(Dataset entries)
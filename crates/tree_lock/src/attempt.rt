//! The lock on the rows that cover a zone.
ghost use Rattle.std.specs.Prelude.{◌≡◌, ◌≤◌, [], None};
ghost use Rattle.row_table.specs.Passes.{view_of, kit_of, table_of, layout_of, IsPassOf};
ghost use Rattle.tree_lock.specs.Release.{MayReleaseAll};
ghost use Rattle.tree_lock.specs.Zone.{IsZone};
ghost use Rattle.tree_lock.specs.Tries.{IsFree, Tries, OnHeld};
ghost use Rattle.tree_lock.specs.Descents.{HasLevels, IsGot};
ghost use Rattle.tree_lock.specs.Covered.{TakesAll};

use crate::below::{Spot, take_below};
use crate::descent::{Top, lock_top, table_levels};
use crate::held::{Held, HeldRow};
use crate::release::release_all;
use crate::zone::Zone;
use row_table::{Iron, Pass, Plan};

/// What an attempt to cover a zone comes to.
#[derive(Clone, Copy, Debug, PartialEq, Eq)]
pub enum Tried {
    /// The cover is held.
    Held,
    /// This row is held by the pass of this number.
    Busy(u32, u8),
    /// Nobody may take this row any more.
    Stale(u32),
    /// The pass has entered as often as its epoch word can count.
    Worn,
}

// Puts the covering row into the list and takes the rows below it. Where another pass holds one, all are given back.
fn take_all<P: Plan>(
    pass: &mut Pass<P>,
    iron: &Iron<P>,
    levels: u8,
    zone: &Zone,
    held: &mut Held<P::Row>,
    top: HeldRow<P::Row>,
) -> Tried
    requires table { IsPassOf iron.now pass.old }
    requires levels { HasLevels levels (view_of pass.old) }
    requires zone { IsZone levels zone.now }
    requires outside { (view_of pass.old).core.stand ≡ None }
    requires got { IsGot levels zone.now (view_of pass.old) top }
    requires empty { held.old.rows ≡ [] }
    requires room { (view_of pass.old).layout.rows ≤ held.old.room }
    ensures table { table_of pass.new ≡ table_of pass.old }
    ensures same { kit_of pass.new ≡ kit_of pass.old }
    ensures room { held.new.room ≡ held.old.room }
    ensures takes { TakesAll levels zone.now (view_of pass.old) result (view_of pass.new) held.new.rows }
{
    let at = Spot {
        row: top.row,
        place: top.place,
    };
    held.insert(top);
    match take_below(pass, iron, levels, zone, held, at) {
        None => Tried::Held,
        Some(taken) => {
            release_all(pass, iron, held);
            Tried::Busy(taken.row, taken.seat)
        }
    }
}

/// Tries once to hold the rows that cover a zone, and waits for nobody.
pub fn try_cover<P: Plan>(
    pass: &mut Pass<P>,
    iron: &Iron<P>,
    zone: &Zone,
    held: &mut Held<P::Row>,
) -> Tried
    requires table { IsPassOf iron.now pass.old }
    requires free { IsFree (view_of pass.old) }
    requires zone { IsZone (layout_of iron.now).levels zone.now }
    requires empty { held.old.rows ≡ [] }
    requires room { (layout_of iron.now).rows ≤ held.old.room }
    ensures table { table_of pass.new ≡ table_of pass.old }
    ensures same { kit_of pass.new ≡ kit_of pass.old }
    ensures layout { (view_of pass.old).layout ≡ layout_of iron.now }
    ensures room { held.new.room ≡ held.old.room }
    ensures tries { Tries (layout_of iron.now).levels zone.now (view_of pass.old) result (view_of pass.new) held.new.rows }
    ensures release { OnHeld result (MayReleaseAll P.meaning held.new.rows (view_of pass.new)) }
{
    let Ok(()) = pass.enter(iron) else {
        return Tried::Worn;
    };
    let levels = table_levels(iron);
    let top = lock_top(pass, iron, levels, zone);
    pass.leave(iron);
    match top {
        Top::Got(row) => take_all(pass, iron, levels, zone, held, row),
        Top::Busy(row, seat) => Tried::Busy(row, seat),
        Top::Stale(row) => Tried::Stale(row),
    }
}
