//! The lock on the rows that cover a zone, which waits for other passes.
ghost use Rattle.std.specs.Prelude.{◌≡◌, ◌<◌, ◌≤◌, [], None, IfOk};
ghost use Rattle.row_table.specs.declared.view.HeldRow.{HeldRow as KnownRow};
ghost use Rattle.row_table.specs.Passes.{view_of, kit_of, table_of, layout_of, IsPassOf};
ghost use Rattle.tree_lock.specs.Release.{MayReleaseAll};
ghost use Rattle.tree_lock.specs.Zone.{IsZone, IsTable};
ghost use Rattle.tree_lock.specs.Covers.{HoldsAt, IsListOf};
ghost use Rattle.tree_lock.specs.Tries.{IsSameBut, IsFree};
ghost use Rattle.tree_lock.specs.Descents.{HasLevels};
ghost use Rattle.tree_lock.specs.Stages.{IsStage, IsFresh, AreThere, Grew};
ghost use Rattle.tree_lock.specs.Waits.{WaitsTop, WaitsChild, Waits};

use crate::below::{Child, Spot, take_child};
use crate::descent::{Top, lock_top, table_levels};
use crate::held::{Held, HeldRow};
use crate::ways::met;
use crate::zone::Zone;
use row_table::{Iron, Pass, Plan, Worn};
use std::sync::Wait;
use std::thread;

// Lets other threads run. A pass that waits is outside.
fn wait_outside<P: Plan>(pass: &Pass<P>)
    requires { (view_of pass.now).core.stand ≡ None }
{
    let _outside = pass;
    thread::yield_now();
}

// Descends to the covering row until the pass gets it. Between two descents the pass is outside.
fn wait_top<P: Plan>(
    rt: &impl Wait,
    pass: &mut Pass<P>,
    iron: &Iron<P>,
    levels: u8,
    zone: &Zone,
) -> Result<HeldRow<P::Row>, Worn>
    requires table { IsPassOf iron.now pass.old }
    requires levels { (levels < 6) × ((layout_of iron.now).levels ≡ levels) }
    requires free { IsFree (view_of pass.old) }
    requires zone { IsZone levels zone.now }
    ensures table { table_of pass.new ≡ table_of pass.old }
    ensures same { kit_of pass.new ≡ kit_of pass.old }
    ensures layout { (view_of pass.old).layout ≡ layout_of iron.now }
    ensures waits { WaitsTop levels zone.now (view_of pass.old) result (view_of pass.new) }
{
    for _ in rt.forever() {
        pass.enter(iron)?;
        let top = lock_top(pass, iron, levels, zone);
        pass.leave(iron);
        match top {
            Top::Got(row) => return Ok(row),
            Top::Busy(_, _) => wait_outside(pass),
            Top::Stale(_) => wait_outside(pass),
        }
    }
    unreachable!()
}

// Takes the row that an entry of a held row links, once no other pass holds it.
fn wait_child<P: Plan>(
    rt: &impl Wait,
    pass: &mut Pass<P>,
    iron: &Iron<P>,
    levels: u8,
    held: &mut Held<P::Row>,
    at: Spot,
    index: u32,
) -> Option<Spot>
    requires table { IsPassOf iron.now pass.old }
    requires levels { HasLevels levels (view_of pass.old) }
    requires outside { (view_of pass.old).core.stand ≡ None }
    requires list { IsListOf (view_of pass.old).core.held (view_of pass.old).rows held.old.rows }
    requires there { AreThere (view_of pass.old) }
    requires at { HoldsAt (view_of pass.old).rows at.row at.place }
    requires place { IsTable levels at.place }
    requires inside { index < 512 }
    requires fresh { IsFresh levels (view_of pass.old).rows at.place index }
    requires room { (view_of pass.old).layout.rows ≤ held.old.room }
    ensures table { table_of pass.new ≡ table_of pass.old }
    ensures same { kit_of pass.new ≡ kit_of pass.old }
    ensures room { held.new.room ≡ held.old.room }
    ensures waits { WaitsChild levels (view_of pass.old) held.old.rows at index result (view_of pass.new) held.new.rows }
{
    for _ in rt.forever() {
        match take_child(pass, iron, levels, held, at, index) {
            Child::Nothing => return None,
            Child::Got(child) => return Some(child),
            Child::Busy(_) => wait_outside(pass),
        }
    }
    unreachable!()
}

// Takes the linked rows below a held row that the zone meets, parents first.
fn wait_below<P: Plan>(
    rt: &impl Wait,
    pass: &mut Pass<P>,
    iron: &Iron<P>,
    levels: u8,
    zone: &Zone,
    held: &mut Held<P::Row>,
    at: Spot,
)
    requires table { IsPassOf iron.now pass.old }
    requires levels { HasLevels levels (view_of pass.old) }
    requires zone { IsZone levels zone.now }
    requires stage { (top : KnownRow P.Row) × IsStage levels zone.now top (view_of pass.old) held.old.rows }
    requires at { HoldsAt (view_of pass.old).rows at.row at.place }
    requires fresh { IsFresh levels (view_of pass.old).rows at.place 0 }
    requires room { (view_of pass.old).layout.rows ≤ held.old.room }
    ensures table { table_of pass.new ≡ table_of pass.old }
    ensures same { kit_of pass.new ≡ kit_of pass.old }
    ensures kept { IsSameBut (view_of pass.old) (view_of pass.new) }
    ensures epoch { (view_of pass.new).epoch ≡ (view_of pass.old).epoch }
    ensures room { held.new.room ≡ held.old.room }
    ensures stage { (top : KnownRow P.Row) → IsStage levels zone.now top (view_of pass.old) held.old.rows → IsStage levels zone.now top (view_of pass.new) held.new.rows }
    ensures grew { Grew levels zone.now at (view_of pass.old).rows (view_of pass.new).rows }
{
    let entries = met(levels, zone, at.place);
    for index in entries.first..entries.end {
        match wait_child(rt, pass, iron, levels, held, at, index) {
            None => {}
            Some(child) => wait_below(rt, pass, iron, levels, zone, held, child),
        }
    }
}

/// Holds the rows that cover a zone, and waits while other passes hold any of them.
pub fn cover<P: Plan>(
    rt: &impl Wait,
    pass: &mut Pass<P>,
    iron: &Iron<P>,
    zone: &Zone,
    held: &mut Held<P::Row>,
) -> Result<(), Worn>
    requires table { IsPassOf iron.now pass.old }
    requires free { IsFree (view_of pass.old) }
    requires zone { IsZone (layout_of iron.now).levels zone.now }
    requires empty { held.old.rows ≡ [] }
    requires room { (layout_of iron.now).rows ≤ held.old.room }
    ensures table { table_of pass.new ≡ table_of pass.old }
    ensures same { kit_of pass.new ≡ kit_of pass.old }
    ensures layout { (view_of pass.old).layout ≡ layout_of iron.now }
    ensures room { held.new.room ≡ held.old.room }
    ensures waits { Waits (layout_of iron.now).levels zone.now (view_of pass.old) result (view_of pass.new) held.new.rows }
    ensures release { IfOk result (λ _. MayReleaseAll P.meaning held.new.rows (view_of pass.new)) }
{
    let levels = table_levels(iron);
    let top = wait_top(rt, pass, iron, levels, zone)?;
    let at = Spot {
        row: top.row,
        place: top.place,
    };
    held.insert(top);
    wait_below(rt, pass, iron, levels, zone, held, at);
    Ok(())
}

• _Task_
For every line in the data above that holds "WaitsChild", return the line itself.

• _Answer area_
ghost use Rattle.tree_lock.specs.Waits.{WaitsTop, WaitsChild, Waits};
    ensures waits { WaitsChild levels (view_of pass.old) held.old.rows at index result (view_of pass.new) held.new.rows }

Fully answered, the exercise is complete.